▸ About this exercise
Repeat every record below exactly as it appears.

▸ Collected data
• • • • •

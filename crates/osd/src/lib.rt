#![tactic(auto)]
// The device for firmware to link: include/osd.h has each function as C sees it. The device's record crosses as 32 lent bytes, a feed's
// as 2, a font and its file as they are.
ghost use Rattle.std.specs.Prelude.{◌≡◌};
ghost use Rattle.refusals.specs.Refusals.{reply_of};
ghost use Rattle.layout.specs.Layout.{record_length};
ghost use Rattle.layout.specs.FeedLayout.{feed_length};
ghost use Rattle.interface.specs.Interface.{answer_of, fresh_on, bus_on, start_on, draw_on, cell_on, pixel_on, feed_fresh_on, feed_on, font_write_on, font_read_on};

use bus::Event;
use capture::Feed;
use device::Device;
use refusals::{Numbered, Refusal, Value};

// The longest chunk: a value has 16 bits.
const CHUNK_MAX: usize = 65534;

// Refusal 255, the interface's own.
const NOT_TAKEN: u32 = 0xFF0000;

// An answer in the number that C is given.
fn answer<T: Value + Copy, E: Numbered + Copy>(answer: Result<T, E>) -> u32
    ensures { result ≡ answer_of (reply_of T.own E.numbers answer) }
{
    interface::answer(refusals::refusal_of(answer), refusals::value_of(answer))
}

#[unsafe(no_mangle)]
pub extern "C" fn osd_device_len() -> u32
    ensures { result ≡ record_length }
{
    layout::DEVICE_LENGTH as u32
}

#[tactic(auto, unfolding(interface::specs::Interface::fresh_on))]
#[unsafe(no_mangle)]
pub extern "C" fn osd_fresh(device: &mut [u8]) -> u32
    ensures { record { device = device.new; answer = result } ≡ fresh_on device.old }
{
    if device.len() != layout::DEVICE_LENGTH {
        return NOT_TAKEN;
    }
    layout::write_device(device, Device::fresh());
    0
}

// A reset leaves a fresh device. RAM is not touched: none is lent.
#[unsafe(no_mangle)]
pub extern "C" fn osd_reset(device: &mut [u8]) -> u32
    ensures { record { device = device.new; answer = result } ≡ fresh_on device.old }
{
    osd_fresh(device)
}

// Of the record only the bus part and at most one register are read and written. Data bytes and fetches come most often, so they are
// looked for first.
#[unsafe(no_mangle)]
pub extern "C" fn osd_bus(device: &mut [u8], ram: &mut [u8], kind: u8, byte: u8) -> u32
    ensures { record { device = device.new; ram = ram.new; answer = result } ≡ bus_on device.old ram.old kind byte }
{
    if device.len() != layout::DEVICE_LENGTH {
        return NOT_TAKEN;
    }
    if kind > bus::STOP {
        return NOT_TAKEN;
    }
    if ram.len() != limits::RAM_LENGTH {
        return interface::refuse(Refusal::RamLength);
    }
    let state = device[layout::BUS_AT];
    if kind == bus::FETCH && state == layout::READING {
        return bus_bytes::read_next(device, ram);
    }
    if kind == bus::HOST_BYTE && state == layout::WRITING {
        return bus_bytes::write_next(device, ram, byte);
    }
    bus_bytes::hear(device, ram, Event::of_kind(kind, byte))
}

#[tactic(auto, unfolding(interface::specs::Interface::start_on, interface::specs::Interface::started_on))]
#[unsafe(no_mangle)]
pub extern "C" fn osd_frame_start(device: &mut [u8], lines: u32) -> u32
    ensures { record { device = device.new; answer = result } ≡ start_on device.old lines }
{
    if device.len() != layout::DEVICE_LENGTH {
        return NOT_TAKEN;
    }
    let mut next = layout::device_in(device);
    match next.start_frame(lines) {
        Ok(()) => {
            layout::write_start(device, next.next, next.frame);
            0
        }
        Err(refusal) => interface::refuse(refusal),
    }
}

#[tactic(auto, unfolding(interface::specs::Interface::draw_on, interface::specs::Interface::drawn_on))]
#[unsafe(no_mangle)]
pub extern "C" fn osd_draw<'a>(
    device: &mut [u8],
    ram: &'a [u8],
    font: &'a [u8],
    line: &mut [u8],
) -> u32
    ensures { record { device = device.new; line = line.new; answer = result } ≡ draw_on device.old ram.now font.now line.old }
{
    if device.len() != layout::DEVICE_LENGTH {
        return NOT_TAKEN;
    }
    let mut next = layout::device_in(device);
    match next.draw_line(ram, font, line) {
        Ok(cells) => {
            layout::write_frame(device, next.frame);
            u32::from(cells)
        }
        Err(refusal) => interface::refuse(refusal),
    }
}

#[tactic(auto, unfolding(interface::specs::Interface::cell_on))]
#[unsafe(no_mangle)]
pub extern "C" fn osd_cell(device: &[u8], ram: &[u8], cell: u32) -> u32
    ensures { result ≡ cell_on device.now ram.now cell }
{
    if device.len() != layout::DEVICE_LENGTH {
        return NOT_TAKEN;
    }
    answer(layout::device_in(device).ask(ram, cell))
}

// Of the record only the registers are looked at.
#[tactic(auto, unfolding(interface::specs::Interface::pixel_on))]
#[unsafe(no_mangle)]
pub extern "C" fn osd_pixel<'a>(
    device: &[u8],
    ram: &'a [u8],
    font: &'a [u8],
    lines: u32,
    frame: u32,
    x: u32,
    y: u32,
) -> u32
    ensures { result ≡ pixel_on device.now ram.now font.now lines frame x y }
{
    if device.len() != layout::DEVICE_LENGTH {
        return NOT_TAKEN;
    }
    answer(pixel::ask(&layout::device_in(device), ram, font, lines, frame, x, y))
}

#[unsafe(no_mangle)]
pub extern "C" fn osd_feed_len() -> u32
    ensures { result ≡ feed_length }
{
    layout::FEED_LENGTH as u32
}

// Makes a feed anew.
#[tactic(auto, unfolding(interface::specs::Interface::feed_fresh_on))]
#[unsafe(no_mangle)]
pub extern "C" fn osd_feed_fresh(feed: &mut [u8]) -> u32
    ensures { record { feed = feed.new; answer = result } ≡ feed_fresh_on feed.old }
{
    if feed.len() != layout::FEED_LENGTH {
        return NOT_TAKEN;
    }
    layout::write_feed(feed, Feed::fresh());
    0
}

#[unsafe(no_mangle)]
pub extern "C" fn osd_feed(
    device: &mut [u8],
    feed: &mut [u8],
    ram: &mut [u8],
    chunk: &[u8],
    out: &mut [u8],
) -> u32
    ensures { record { device = device.new; feed = feed.new; ram = ram.new; out = out.new; answer = result } ≡ feed_on device.old feed.old ram.old chunk.now out.old }
{
    if device.len() != layout::DEVICE_LENGTH {
        return NOT_TAKEN;
    }
    if feed.len() != layout::FEED_LENGTH {
        return NOT_TAKEN;
    }
    if chunk.len() > CHUNK_MAX {
        return NOT_TAKEN;
    }
    let before = layout::feed_in(feed);
    match before.test(ram.len(), chunk.len(), out.len()) {
        Ok(()) => {
            let taken = feed_bytes::take_events(device, ram, chunk, out, before);
            layout::write_feed(feed, taken.feed);
            feed_bytes::fed(taken.feed, taken.written)
        }
        Err(refusal) => interface::refuse(refusal),
    }
}

#[tactic(auto, unfolding(interface::specs::Interface::font_write_on))]
#[unsafe(no_mangle)]
pub extern "C" fn osd_font_write(font: &[u8], file: &mut [u8]) -> u32
    ensures { record { file = file.new; answer = result } ≡ font_write_on font.now file.old }
{
    answer(font_file::write(font, file))
}

#[tactic(auto, unfolding(interface::specs::Interface::font_read_on))]
#[unsafe(no_mangle)]
pub extern "C" fn osd_font_read(file: &[u8], font: &mut [u8]) -> u32
    ensures { record { font = font.new; answer = result } ≡ font_read_on file.now font.old }
{
    answer(font_file::read(file, font))
}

• • • • •

▸ Answer box
filename crates/osd/src/lib.rt
#![tactic(auto)]
// The device for firmware to link: include/osd.h has each function as C sees it. The device's record crosses as 32 lent bytes, a feed's
// as 2, a font and its file as they are.
ghost use Rattle.std.specs.Prelude.{◌≡◌};
ghost use Rattle.refusals.specs.Refusals.{reply_of};
ghost use Rattle.layout.specs.Layout.{record_length};
ghost use Rattle.layout.specs.FeedLayout.{feed_length};
ghost use Rattle.interface.specs.Interface.{answer_of, fresh_on, bus_on, start_on, draw_on, cell_on, pixel_on, feed_fresh_on, feed_on, font_write_on, font_read_on};

use bus::Event;
use capture::Feed;
use device::Device;
use refusals::{Numbered, Refusal, Value};

// The longest chunk: a value has 16 bits.
const CHUNK_MAX: usize = 65534;

// Refusal 255, the interface's own.
const NOT_TAKEN: u32 = 0xFF0000;

// An answer in the number that C is given.
fn answer<T: Value + Copy, E: Numbered + Copy>(answer: Result<T, E>) -> u32
    ensures { result ≡ answer_of (reply_of T.own E.numbers answer) }
{
    interface::answer(refusals::refusal_of(answer), refusals::value_of(answer))
}

#[unsafe(no_mangle)]
pub extern "C" fn osd_device_len() -> u32
    ensures { result ≡ record_length }
{
    layout::DEVICE_LENGTH as u32
}

#[tactic(auto, unfolding(interface::specs::Interface::fresh_on))]
#[unsafe(no_mangle)]
pub extern "C" fn osd_fresh(device: &mut [u8]) -> u32
    ensures { record { device = device.new; answer = result } ≡ fresh_on device.old }
{
    if device.len() != layout::DEVICE_LENGTH {
        return NOT_TAKEN;
    }
    layout::write_device(device, Device::fresh());
    0
}

// A reset leaves a fresh device. RAM is not touched: none is lent.
#[unsafe(no_mangle)]
pub extern "C" fn osd_reset(device: &mut [u8]) -> u32
    ensures { record { device = device.new; answer = result } ≡ fresh_on device.old }
{
    osd_fresh(device)
}

// Of the record only the bus part and at most one register are read and written. Data bytes and fetches come most often, so they are
// looked for first.
#[unsafe(no_mangle)]
pub extern "C" fn osd_bus(device: &mut [u8], ram: &mut [u8], kind: u8, byte: u8) -> u32
    ensures { record { device = device.new; ram = ram.new; answer = result } ≡ bus_on device.old ram.old kind byte }
{
    if device.len() != layout::DEVICE_LENGTH {
        return NOT_TAKEN;
    }
    if kind > bus::STOP {
        return NOT_TAKEN;
    }
    if ram.len() != limits::RAM_LENGTH {
        return interface::refuse(Refusal::RamLength);
    }
    let state = device[layout::BUS_AT];
    if kind == bus::FETCH && state == layout::READING {
        return bus_bytes::read_next(device, ram);
    }
    if kind == bus::HOST_BYTE && state == layout::WRITING {
        return bus_bytes::write_next(device, ram, byte);
    }
    bus_bytes::hear(device, ram, Event::of_kind(kind, byte))
}

#[tactic(auto, unfolding(interface::specs::Interface::start_on, interface::specs::Interface::started_on))]
#[unsafe(no_mangle)]
pub extern "C" fn osd_frame_start(device: &mut [u8], lines: u32) -> u32
    ensures { record { device = device.new; answer = result } ≡ start_on device.old lines }
{
    if device.len() != layout::DEVICE_LENGTH {
        return NOT_TAKEN;
    }
    let mut next = layout::device_in(device);
    match next.start_frame(lines) {
        Ok(()) => {
            layout::write_start(device, next.next, next.frame);
            0
        }
        Err(refusal) => interface::refuse(refusal),
    }
}

#[tactic(auto, unfolding(interface::specs::Interface::draw_on, interface::specs::Interface::drawn_on))]
#[unsafe(no_mangle)]
pub extern "C" fn osd_draw<'a>(
    device: &mut [u8],
    ram: &'a [u8],
    font: &'a [u8],
    line: &mut [u8],
) -> u32
    ensures { record { device = device.new; line = line.new; answer = result } ≡ draw_on device.old ram.now font.now line.old }
{
    if device.len() != layout::DEVICE_LENGTH {
        return NOT_TAKEN;
    }
    let mut next = layout::device_in(device);
    match next.draw_line(ram, font, line) {
        Ok(cells) => {
            layout::write_frame(device, next.frame);
            u32::from(cells)
        }
        Err(refusal) => interface::refuse(refusal),
    }
}

#[tactic(auto, unfolding(interface::specs::Interface::cell_on))]
#[unsafe(no_mangle)]
pub extern "C" fn osd_cell(device: &[u8], ram: &[u8], cell: u32) -> u32
    ensures { result ≡ cell_on device.now ram.now cell }
{
    if device.len() != layout::DEVICE_LENGTH {
        return NOT_TAKEN;
    }
    answer(layout::device_in(device).ask(ram, cell))
}

// Of the record only the registers are looked at.
#[tactic(auto, unfolding(interface::specs::Interface::pixel_on))]
#[unsafe(no_mangle)]
pub extern "C" fn osd_pixel<'a>(
    device: &[u8],
    ram: &'a [u8],
    font: &'a [u8],
    lines: u32,
    frame: u32,
    x: u32,
    y: u32,
) -> u32
    ensures { result ≡ pixel_on device.now ram.now font.now lines frame x y }
{
    if device.len() != layout::DEVICE_LENGTH {
        return NOT_TAKEN;
    }
    answer(pixel::ask(&layout::device_in(device), ram, font, lines, frame, x, y))
}

#[unsafe(no_mangle)]
pub extern "C" fn osd_feed_len() -> u32
    ensures { result ≡ feed_length }
{
    layout::FEED_LENGTH as u32
}

// Makes a feed anew.
#[tactic(auto, unfolding(interface::specs::Interface::feed_fresh_on))]
#[unsafe(no_mangle)]
pub extern "C" fn osd_feed_fresh(feed: &mut [u8]) -> u32
    ensures { record { feed = feed.new; answer = result } ≡ feed_fresh_on feed.old }
{
    if feed.len() != layout::FEED_LENGTH {
        return NOT_TAKEN;
    }
    layout::write_feed(feed, Feed::fresh());
    0
}

#[unsafe(no_mangle)]
pub extern "C" fn osd_feed(
    device: &mut [u8],
    feed: &mut [u8],
    ram: &mut [u8],
    chunk: &[u8],
    out: &mut [u8],
) -> u32
    ensures { record { device = device.new; feed = feed.new; ram = ram.new; out = out.new; answer = result } ≡ feed_on device.old feed.old ram.old chunk.now out.old }
{
    if device.len() != layout::DEVICE_LENGTH {
        return NOT_TAKEN;
    }
    if feed.len() != layout::FEED_LENGTH {
        return NOT_TAKEN;
    }
    if chunk.len() > CHUNK_MAX {
        return NOT_TAKEN;
    }
    let before = layout::feed_in(feed);
    match before.test(ram.len(), chunk.len(), out.len()) {
        Ok(()) => {
            let taken = feed_bytes::take_events(device, ram, chunk, out, before);
            layout::write_feed(feed, taken.feed);
            feed_bytes::fed(taken.feed, taken.written)
        }
        Err(refusal) => interface::refuse(refusal),
    }
}

#[tactic(auto, unfolding(interface::specs::Interface::font_write_on))]
#[unsafe(no_mangle)]
pub extern "C" fn osd_font_write(font: &[u8], file: &mut [u8]) -> u32
    ensures { record { file = file.new; answer = result } ≡ font_write_on font.now file.old }
{
    answer(font_file::write(font, file))
}

#[tactic(auto, unfolding(interface::specs::Interface::font_read_on))]
#[unsafe(no_mangle)]
pub extern "C" fn osd_font_read(file: &[u8], font: &mut [u8]) -> u32
    ensures { record { font = font.new; answer = result } ≡ font_read_on file.now font.old }
{
    answer(font_file::read(file, font))
}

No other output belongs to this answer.